Potential neuroprotective effects of the antiepileptic drug (AED) topiramate (TPM) were evaluated using primary neuronal–astroglial cultures or astroglial-enriched cultures from newborn rats exposed to excitotoxic concentrations of glutamate (Glu) or kainate. Neurons expressed functional Glu receptors of the NMDA and AMPA/kainate types as evaluated by immunocytochemistry and Ca 2+ imaging. When Glu (10 mM) was added to 9–10-day cultures incubated with the fluorescent dye calcein/AM for 5 h, there was a marked cell loss in both culture types, but was more pronounced in the neuronal–astroglial cultures. When TPM (5–10 μM) was included in the medium together with Glu, the amount of surviving cells was significantly higher in the neuronal–astroglial cultures, but not in the astroglial-enriched cultures.
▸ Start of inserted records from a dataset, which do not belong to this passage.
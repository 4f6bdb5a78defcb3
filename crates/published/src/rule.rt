//! The rule over the published copy.
use crate::book::{Naming, StepPrefix};
use crate::copy::ShownCopy;
use crate::post::Post;
use crate::publisher::Publisher;
use atomic_table::{Join, Split};
use crossbeam_utils::rule::{Outcome, Protocol};
use left_right::reader::Reader;

/// A view is a prefix that its owner knows, or none yet.
pub struct Published;

impl<J: Naming> Protocol<ShownCopy<J>, Option<StepPrefix>> for Published {
    ghost use Rattle.std.specs.Prelude.{None};
    ghost use Rattle.published.specs.Copies.{Keeps};

    ghost holds = { Keeps };

    ghost first = { None };
}

/// What both steps tell: a publication, and an entry.
pub struct Seeing;

impl<J: Naming> Outcome<ShownCopy<J>, Option<StepPrefix>> for Seeing {
    ghost use Rattle.published.specs.Copies.{Sees};

    ghost then = { Sees };
}

/// The writer tells all that it knows.
pub struct TellsAll;

impl Split<Option<StepPrefix>> for TellsAll {
    ghost left = { λ v. v };

    ghost right = { λ v. v };
}

impl Join<Option<StepPrefix>> for TellsAll {
    ghost use Rattle.std.specs.Prelude.{None};

    ghost both = { λ v w. w };

    ghost spent = { None };
}

pub type CopyReader<J> = Reader<ShownCopy<J>, Option<StepPrefix>, Published>;

pub type CopyPublisher<J> = Publisher<ShownCopy<J>, Post<J>, Published>;
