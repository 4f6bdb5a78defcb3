//! Receipts.
ghost use Rattle.std.specs.Prelude.{◌≡◌};
ghost use Rattle.published.specs.Judged.{AreJudged};

use crate::book::StepPrefix;
use std::marker::Model;
use zookie::Zookie;

/// Steps that a publication shows. All of them were judged before they were posted.
#[derive(Drop)]
pub struct ShownSteps {
    prefix: StepPrefix,
}

impl Model for ShownSteps {
    ghost use Rattle.published.specs.Known.{Known};
    ghost use Rattle.published.specs.Judged.{AreJudged};
    ghost use Rattle.published.specs.inside.Codes.{coded_known};

    ghost Value = { Known };

    ghost coded = { coded_known };

    ghost view = { λ s. s.prefix };

    ghost invariant = { λ s. AreJudged s.prefix.steps };
}

impl ShownSteps {
    pub(crate) fn of(prefix: StepPrefix) -> ShownSteps
        requires { AreJudged prefix.steps }
        ensures { result ≡ prefix }
    {
        ShownSteps { prefix }
    }

    /// The list of them.
    pub(crate) fn prefix(&self) -> &StepPrefix
        ensures same { result.now ≡ self.now }
        ensures judged { AreJudged result.now.steps }
    {
        &self.prefix
    }
}

/// What a caller is told of an accepted change: the zookie of the newest posted revision, whether all
/// that is posted is shown, and the shown steps, which exist in proofs alone.
#[derive(Drop)]
pub struct Receipt {
    zookie: Zookie,
    shown: bool,
    published: ShownSteps,
}

impl Model for Receipt {
    ghost use Rattle.published.specs.Receipts.{ReceiptFacts};
    ghost use Rattle.published.specs.inside.Codes.{coded_receipt};

    ghost Value = { ReceiptFacts };

    ghost coded = { coded_receipt };

    ghost view = { λ r. record {
      number = r.zookie.store;
      rev = r.zookie.rev;
      shown = r.shown;
      published = r.published;
    } };
}

impl Receipt {
    /// A receipt that says this.
    pub fn new(zookie: Zookie, shown: bool, published: ShownSteps) -> Receipt
        ensures { result ≡ record {
          number = zookie.store;
          rev = zookie.rev;
          shown = shown;
          published = published;
        } }
    {
        Receipt {
            zookie,
            shown,
            published,
        }
    }

    /// The zookie of the newest posted revision.
    pub fn zookie(&self) -> Zookie
        ensures { result ≡ record { store = self.now.number; rev = self.now.rev } }
    {
        self.zookie
    }

    /// Whether all that is posted is shown.
    pub fn is_shown(&self) -> bool
        ensures { result ≡ self.now.shown }
    {
        self.shown
    }

    /// The shown steps.
    pub fn published_steps(&self) -> &StepPrefix
        ensures same { result.now ≡ self.now.published }
        ensures judged { AreJudged result.now.steps }
    {
        self.published.prefix()
    }
}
Immuno-labeling of the cultures revealed an enhanced survival of MAP positive neuronal cells when TPM was included in the Glu containing medium. As TPM has a proven negative modulatory effect on kainate activated receptors, neuronal–astroglial cultures were further exposed to excitotoxic concentrations of kainate (100 μM) and analyzed immunohistochemically. Significantly more MAP positive neurons survived in the TPM containing medium and showed a morphology similar to untreated cells. Valproate and phenytoin were used as reference AEDs. In conclusion, our results demonstrate a protective effect of TPM upon neuronal cells in primary culture, exposed to excitotoxic levels of Glu or kainate.